Voila j'ai eu mon ipod 4G il y a 1 semaine via le apple store et...quelques problemes sont déja la!!!!


Tout d'abord une musique provenant d'un CD original fonctionnant correctement sur itunes "saute" en pleine lecture sur l'ipod.
Lorsque itunes met a jour l'ipod l'ordinateur redémarre tout seul !!! au cours de la mise a jour.
De plus, l'indicateur d'espace libre sur l'ipod (réglage-a prorpos de) reste toujours sur 18.4 go alors que j'ai 200 morceaux sur l'ipod!!!
Merci de m'aider afin de les résoudre...

(J'ai un pc windows XP)


----------



## Frodon (19 Août 2004)

Bonjour,

1) Essais de restaurer l'iPod dans ses paramètres d'usine (je sais pas sur PC comment ca se fait, sur Mac c'est le logiciel de mise à jour du firmware qui permet cela.

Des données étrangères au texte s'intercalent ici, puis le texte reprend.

//! What earlier forms of a program define, and what is wrong with the names of a form behind them.
ghost use Rattle.std.specs.Prelude.{◌≡◌, ◌+◌, ◌≤◌, ◌<◌, false, length, IfOk, OnOk};
ghost use Rattle.fr_syntax.specs.Weights.{form_weight, weight};
ghost use Rattle.fr_scope.specs.Meanings.{most_numbered};
ghost use Rattle.fr_expand.specs.Faults.{faults, named};
ghost use Rattle.fr_expand.specs.Passes.{behind, definition_faults, form_faults, is_reserved, nothing_yet, show_faults};
ghost use Rattle.fr_expand.specs.Shaped.{earlier_of, is_taken, AreNamed};

use crate::bindings::{binding_faults, scope_of};
use crate::faults::{Faults, faults_in};
use crate::name_set::NameSet;
use crate::view::Names;
use fr_prims::prim_named;
use fr_scope::{Globals, Scope};
use fr_syntax::{Expr, Form, keyword_named};
use fr_value::Symbol;
use std::alloc::{AllocError, Global};

/// The names that earlier forms gave.
#[derive(Drop)]
pub(crate) struct EarlierNames<'a> {
    /// What they defined.
    defined: NameSet<'a>,
    /// The values among these, which are the variables of later forms.
    values: Scope,
    /// The names of shows.
    shown: NameSet<'a>,
}

impl<'a> EarlierNames<'a> {
    /// Before the first form.
    pub(crate) fn none(alloc: Global) -> EarlierNames<'a>
        ensures none { earlier_of result ≡ nothing_yet }
        ensures named { AreNamed result.values }
        ensures few { length result.values ≡ 0 }
    {
        EarlierNames {
            defined: NameSet::new(alloc),
            values: Scope::new(alloc),
            shown: NameSet::new(alloc),
        }
    }

    /// What is wrong with a name that a form defines.
    fn definition_faults(&self, name: &Symbol) -> Faults
        ensures { result ≡ definition_faults (earlier_of self.now) name.now }
    {
        Faults {
            name: is_reserved(name),
            unbound: false,
            twice: self.defined.has(name),
        }
    }

    /// What is wrong with the name of a show.
    fn show_faults(&self, name: &Symbol) -> Faults
        ensures { result ≡ show_faults (earlier_of self.now) name.now }
    {
        Faults {
            name: false,
            unbound: false,
            twice: self.shown.has(name),
        }
    }

    /// What is wrong with the names of a form, the names in its expression among them.
    pub(crate) fn form_faults(
        &mut self,
        alloc: Global,
        globals: &Globals,
        form: &Form,
    ) -> Result<Faults, AllocError>
        requires named { AreNamed self.old.values }
        requires few { length self.old.values + form_weight form.now ≤ most_numbered }
        ensures found { IfOk result (λ f. f ≡ form_faults globals.now (earlier_of self.old) form.now) }
        ensures unchanged { OnOk result (self.new ≡ self.old) }
    {
        match form {
            Form::Input(name, _) | Form::Event(name) => Ok(self.definition_faults(name)),
            Form::Function(name, params, body) => {
                let bound = binding_faults(alloc, Names::Each(params.as_slice()))?;
                let inside = body_faults(alloc, globals, params.as_slice(), body)?;
                Ok(self.definition_faults(name).with(bound.with(inside)))
            }
            Form::Define(name, expr) => {
                let inside = faults_in(alloc, globals, &mut self.values, expr)?;
                Ok(self.definition_faults(name).with(inside))
            }
            Form::Show(name, expr) => {
                let inside = faults_in(alloc, globals, &mut self.values, expr)?;
                Ok(self.show_faults(name).with(inside))
            }
        }
    }

    /// The names for the forms behind this one.
    pub(crate) fn add(&mut self, form: &'a Form) -> Result<(), AllocError>
        requires fresh { is_taken (earlier_of self.old) form.now ≡ false }
        requires named { AreNamed self.old.values }
        requires few { length self.old.values < most_numbered }
        ensures added { OnOk result (earlier_of self.new ≡ behind (earlier_of self.old) form.now) }
        ensures named { OnOk result (AreNamed self.new.values) }
        ensures few { OnOk result (length self.new.values ≤ length self.old.values + 1) }
    {
        match form {
            Form::Input(name, _) | Form::Event(name) | Form::Function(name, _, _) => {
                self.defined.add(name)
            }
            Form::Define(name, _) => {
                self.defined.add(name)?;
                self.values.push(name)
            }
            Form::Show(name, _) => self.shown.add(name),
        }
    }
}

/// Whether a name may not be defined at top level: it is a keyword, a primitive's name, or `now`.
fn is_reserved(name: &Symbol) -> bool
    ensures { result ≡ is_reserved name.now }
{
    let text = name.as_str();
    keyword_named(text).is_some() || prim_named(text).is_some() || text == "now"
}

/// What is wrong with the names in the body of a function with these parameters. It sees no values of the program.
fn body_faults(
    alloc: Global,
    globals: &Globals,
    params: &[Symbol],
    body: &Expr,
) -> Result<Faults, AllocError>
    requires { length params.now + weight body.now ≤ most_numbered }
    ensures { IfOk result (λ f. f ≡ faults globals.now body.now (named params.now)) }
{
    let mut scope = scope_of(alloc, params)?;
    faults_in(alloc, globals, &mut scope, body)
}
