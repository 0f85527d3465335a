//! The names that a form binds: which of them are keywords or stand twice, and their scope.
ghost use Rattle.std.specs.Prelude.{◌≡◌, ◌≤◌, ◌+◌, ◌++◌, false, length, IfOk, OnOk};
ghost use Rattle.std.specs.Str.{bytes_eq};
ghost use Rattle.fr_scope.specs.Meanings.{most_numbered};
ghost use Rattle.fr_expand.specs.Faults.{is_keyword, any_keyword, any_twice, binding_faults, chain_faults, named};
ghost use Rattle.fr_expand.specs.Shapes.{names_of};

use crate::faults::Faults;
use crate::view::Names;
use fr_scope::Scope;
use fr_syntax::keyword_named;
use fr_value::Symbol;
use std::alloc::{AllocError, Global};
use std::collections::BTreeSet;

/// Whether a name is a keyword.
pub(crate) fn is_keyword(name: &Symbol) -> bool
    ensures { result ≡ is_keyword name.now }
{
    keyword_named(name.as_str()).is_some()
}

/// Whether one of these names is a keyword.
fn any_keyword(names: &[Symbol]) -> bool
    ensures { result ≡ any_keyword names.now }
{
    for name in names {
        if is_keyword(name) {
            return true;
        }
    }
    false
}

/// Whether a name stands twice. It takes no time but the sorting of the names.
fn any_twice(alloc: Global, names: &[Symbol]) -> Result<bool, AllocError>
    ensures { IfOk result (λ b. b ≡ any_twice names.now) }
{
    let mut seen = BTreeSet::new(alloc);
    for name in names {
        if !seen.insert(name.as_str())? {
            return Ok(true);
        }
    }
    Ok(false)
}

/// What is wrong with names that are bound together.
pub(crate) fn binding_faults(alloc: Global, names: Names<'_>) -> Result<Faults, AllocError>
    ensures { IfOk result (λ f. f ≡ binding_faults (names_of names.entry)) }
{
    match names {
        Names::One(name) => Ok(bound(is_keyword(name), false)),
        Names::Two(first, second) => Ok(bound(
            is_keyword(first) || is_keyword(second),
            is_same(second, first),
        )),
        Names::Each(names) => Ok(bound(any_keyword(names), any_twice(alloc, names)?)),
    }
}

/// What is wrong with names that are bound, by whether one is a keyword and one stands twice.
fn bound(name: bool, twice: bool) -> Faults
    ensures { result ≡ record { name = name; unbound = false; twice = twice } }
{
    Faults {
        name,
        unbound: false,
        twice,
    }
}

/// What is wrong with names that are bound one after the other.
pub(crate) fn chain_faults(names: &[Symbol]) -> Faults
    ensures { result ≡ chain_faults names.now }
{
    bound(any_keyword(names), false)
}

fn is_same(a: &Symbol, b: &Symbol) -> bool
    ensures { result ≡ bytes_eq a.now b.now }
{
    a.same(b)
}

/// One more variable for each of these names, the last one innermost.
pub(crate) fn bind(scope: &mut Scope, names: Names<'_>) -> Result<(), AllocError>
    requires { length scope.old + length (names_of names) ≤ most_numbered }
    ensures { OnOk result (scope.new ≡ scope.old ++ named (names_of names.entry)) }
{
    match names {
        Names::One(name) => scope.push(name),
        Names::Two(first, second) => {
            scope.push(first)?;
            scope.push(second)
        }
        Names::Each(names) => bind_all(scope, names),
    }
}

/// The same for a list of names.
fn bind_all(scope: &mut Scope, names: &[Symbol]) -> Result<(), AllocError>
    requires { length scope.old + length names.now ≤ most_numbered }
    ensures { OnOk result (scope.new ≡ scope.old ++ named names.now) }
{
    for name in names {
        scope.push(name)?;
    }
    Ok(())
}

/// The variables of a function's parameters.
pub(crate) fn scope_of(alloc: Global, params: &[Symbol]) -> Result<Scope, AllocError>
    requires { length params.now ≤ most_numbered }
    ensures { IfOk result (λ s. s ≡ named params.now) }
{
    let mut scope = Scope::new(alloc);
    bind_all(&mut scope, params)?;
    Ok(scope)
}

2) Mets à jour le firmware de l'iPod en 3.0.1 si celui ci est en 3.0 d'usine. (http://www.apple.com/ipod/download/).

3) Essais alors de synchroniser avec iTunes. Si le PC plante toujours lors de la synchro, essais sur un autre PC (d'un amis ou d'un voisin) pour voir si le problème est propre à ton PC ou non.

4) Si ton problème est propre à ton PC, si tu peux essais de brancher l'iPod en Firewire pour voir si cela ne vient pas d'une defaillance du chipset USB de ton PC.

5) Si cela persiste aussi en Firewire, essais de desinstaller/resinstaller iTunes.

6) Si cela persiste, essais de reinstaller Windows.

A+


----------



## Ti-er (20 Août 2004)

J'ai télécharger cette version pour l'insant les morceaux sautent plus apparemment merci de ton aide


----------